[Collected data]

Content starts

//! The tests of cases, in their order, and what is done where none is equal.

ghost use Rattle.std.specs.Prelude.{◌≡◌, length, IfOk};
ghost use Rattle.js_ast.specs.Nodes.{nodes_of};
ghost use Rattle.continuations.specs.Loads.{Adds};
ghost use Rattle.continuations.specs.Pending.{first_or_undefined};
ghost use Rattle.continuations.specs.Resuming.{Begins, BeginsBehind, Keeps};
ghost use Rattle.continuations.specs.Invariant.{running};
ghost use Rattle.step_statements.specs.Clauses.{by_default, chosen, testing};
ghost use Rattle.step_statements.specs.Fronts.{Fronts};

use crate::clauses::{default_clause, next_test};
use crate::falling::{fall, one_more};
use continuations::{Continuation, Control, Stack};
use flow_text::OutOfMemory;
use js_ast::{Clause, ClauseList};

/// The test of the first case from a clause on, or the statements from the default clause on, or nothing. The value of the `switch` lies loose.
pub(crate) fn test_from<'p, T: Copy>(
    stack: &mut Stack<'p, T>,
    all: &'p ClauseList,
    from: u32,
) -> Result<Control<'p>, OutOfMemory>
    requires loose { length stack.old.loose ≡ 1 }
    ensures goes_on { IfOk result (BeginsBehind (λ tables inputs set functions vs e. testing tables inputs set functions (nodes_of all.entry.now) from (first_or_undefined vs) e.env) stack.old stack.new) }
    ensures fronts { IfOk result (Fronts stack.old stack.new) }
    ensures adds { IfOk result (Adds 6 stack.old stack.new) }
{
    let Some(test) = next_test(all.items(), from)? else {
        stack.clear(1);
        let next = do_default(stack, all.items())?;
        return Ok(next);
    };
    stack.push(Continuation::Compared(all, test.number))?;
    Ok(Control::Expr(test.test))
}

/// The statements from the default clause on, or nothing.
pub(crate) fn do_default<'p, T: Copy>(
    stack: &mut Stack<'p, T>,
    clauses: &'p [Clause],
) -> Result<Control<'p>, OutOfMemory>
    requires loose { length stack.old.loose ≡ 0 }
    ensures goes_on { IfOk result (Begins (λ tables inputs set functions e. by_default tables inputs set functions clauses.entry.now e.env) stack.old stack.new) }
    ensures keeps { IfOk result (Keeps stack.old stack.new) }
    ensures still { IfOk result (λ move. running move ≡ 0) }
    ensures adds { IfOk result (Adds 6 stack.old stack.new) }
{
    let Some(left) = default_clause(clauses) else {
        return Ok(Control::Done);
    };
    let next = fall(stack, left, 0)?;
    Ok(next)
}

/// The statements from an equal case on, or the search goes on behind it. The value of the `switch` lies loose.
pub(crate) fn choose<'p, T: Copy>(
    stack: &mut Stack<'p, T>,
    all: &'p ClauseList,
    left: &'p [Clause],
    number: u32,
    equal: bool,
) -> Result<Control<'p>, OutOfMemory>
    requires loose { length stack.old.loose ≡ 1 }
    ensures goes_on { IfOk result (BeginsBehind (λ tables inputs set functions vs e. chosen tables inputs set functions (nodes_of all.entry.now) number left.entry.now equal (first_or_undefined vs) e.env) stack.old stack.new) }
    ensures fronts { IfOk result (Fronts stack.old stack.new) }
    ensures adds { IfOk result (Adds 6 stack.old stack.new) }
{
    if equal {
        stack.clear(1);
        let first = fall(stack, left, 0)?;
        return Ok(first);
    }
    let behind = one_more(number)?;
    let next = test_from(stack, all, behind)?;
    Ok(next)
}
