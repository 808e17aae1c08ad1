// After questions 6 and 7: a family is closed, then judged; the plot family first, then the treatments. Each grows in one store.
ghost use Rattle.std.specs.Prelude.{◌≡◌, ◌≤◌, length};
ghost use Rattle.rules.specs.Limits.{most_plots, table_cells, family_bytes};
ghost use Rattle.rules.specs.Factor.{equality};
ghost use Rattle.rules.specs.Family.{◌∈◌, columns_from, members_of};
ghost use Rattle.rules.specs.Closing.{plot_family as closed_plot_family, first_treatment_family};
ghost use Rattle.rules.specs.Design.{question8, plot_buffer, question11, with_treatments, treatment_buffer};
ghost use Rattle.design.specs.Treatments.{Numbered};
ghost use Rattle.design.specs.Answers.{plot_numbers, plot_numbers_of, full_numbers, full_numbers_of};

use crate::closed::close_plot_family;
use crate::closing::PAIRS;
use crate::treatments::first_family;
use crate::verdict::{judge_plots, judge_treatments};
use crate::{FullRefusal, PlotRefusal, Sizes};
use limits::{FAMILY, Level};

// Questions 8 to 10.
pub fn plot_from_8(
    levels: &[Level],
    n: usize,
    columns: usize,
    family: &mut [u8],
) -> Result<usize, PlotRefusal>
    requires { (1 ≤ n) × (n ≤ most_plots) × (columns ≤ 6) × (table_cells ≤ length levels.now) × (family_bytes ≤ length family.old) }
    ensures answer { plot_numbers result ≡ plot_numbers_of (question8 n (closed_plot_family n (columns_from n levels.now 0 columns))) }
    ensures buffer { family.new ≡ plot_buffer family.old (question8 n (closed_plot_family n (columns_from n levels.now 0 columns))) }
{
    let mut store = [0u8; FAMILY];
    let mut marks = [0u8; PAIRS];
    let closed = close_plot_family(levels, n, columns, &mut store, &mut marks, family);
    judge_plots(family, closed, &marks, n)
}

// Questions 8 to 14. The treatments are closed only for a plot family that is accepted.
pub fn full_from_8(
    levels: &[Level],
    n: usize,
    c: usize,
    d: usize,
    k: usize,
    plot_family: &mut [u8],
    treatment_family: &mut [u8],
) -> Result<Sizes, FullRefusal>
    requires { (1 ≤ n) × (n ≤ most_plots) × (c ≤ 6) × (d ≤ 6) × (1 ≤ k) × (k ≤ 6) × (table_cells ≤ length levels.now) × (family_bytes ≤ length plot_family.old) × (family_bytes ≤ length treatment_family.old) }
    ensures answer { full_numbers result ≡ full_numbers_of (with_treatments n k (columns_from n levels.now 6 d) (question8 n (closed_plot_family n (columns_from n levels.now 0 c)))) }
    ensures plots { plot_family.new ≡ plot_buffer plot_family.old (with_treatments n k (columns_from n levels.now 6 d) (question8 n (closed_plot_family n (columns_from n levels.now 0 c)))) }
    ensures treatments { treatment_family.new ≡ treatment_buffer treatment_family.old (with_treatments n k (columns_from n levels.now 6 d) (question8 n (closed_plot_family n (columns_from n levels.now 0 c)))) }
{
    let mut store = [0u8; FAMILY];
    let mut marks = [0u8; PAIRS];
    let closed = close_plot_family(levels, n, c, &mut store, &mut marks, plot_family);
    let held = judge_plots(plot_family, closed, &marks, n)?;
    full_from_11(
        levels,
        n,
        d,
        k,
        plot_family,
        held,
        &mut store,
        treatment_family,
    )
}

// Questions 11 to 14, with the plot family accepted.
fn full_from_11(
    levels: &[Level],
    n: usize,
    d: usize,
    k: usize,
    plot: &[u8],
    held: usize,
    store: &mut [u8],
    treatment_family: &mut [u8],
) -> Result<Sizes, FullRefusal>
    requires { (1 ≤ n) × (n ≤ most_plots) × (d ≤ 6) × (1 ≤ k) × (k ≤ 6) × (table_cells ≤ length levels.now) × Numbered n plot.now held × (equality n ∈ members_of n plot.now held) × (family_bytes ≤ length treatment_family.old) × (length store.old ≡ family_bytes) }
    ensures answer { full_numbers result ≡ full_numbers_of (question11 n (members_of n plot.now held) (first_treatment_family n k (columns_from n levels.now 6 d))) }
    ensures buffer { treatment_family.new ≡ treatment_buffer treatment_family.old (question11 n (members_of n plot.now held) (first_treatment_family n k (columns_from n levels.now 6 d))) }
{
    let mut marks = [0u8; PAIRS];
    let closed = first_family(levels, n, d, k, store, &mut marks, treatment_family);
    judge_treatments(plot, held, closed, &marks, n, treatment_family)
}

Content ends

Task:
What is the number of lines above that hold the string "Copy"? Answer with that number alone.

Your solution:
3